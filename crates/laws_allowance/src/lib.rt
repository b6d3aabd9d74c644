// The guess allowance: what each call of a history did, and how many wrong PINs and PUKs count since each count restarted. No code is here:
// the calls are those of ASK, ANSWER and RESET by the definitions that their functions are proved against.
// Every length is in bytes.
// Proved: from an INIT with 9000 on, the wrong PINs and the PIN tries left are 3 together, the wrong PUKs and the PUK tries left are 5; and
// SIGN off a PIN-less path and EXPORT of a private key give 9000 only if the latest comparison came out right and the channel has not left
// stage 2 since.

#![tactic(auto)]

* * *

• Task prompt: When you output the entries, keep every line exactly as it appears above.

• Answer:
filename crates/laws_allowance/src/lib.rt
repository b6d3aabd9d74c644
// The guess allowance: what each call of a history did, and how many wrong PINs and PUKs count since each count restarted. No code is here:
// the calls are those of ASK, ANSWER and RESET by the definitions that their functions are proved against.
// Every length is in bytes.
// Proved: from an INIT with 9000 on, the wrong PINs and the PIN tries left are 3 together, the wrong PUKs and the PUK tries left are 5; and
// SIGN off a PIN-less path and EXPORT of a private key give 9000 only if the latest comparison came out right and the channel has not left
// stage 2 since.

#![tactic(auto)]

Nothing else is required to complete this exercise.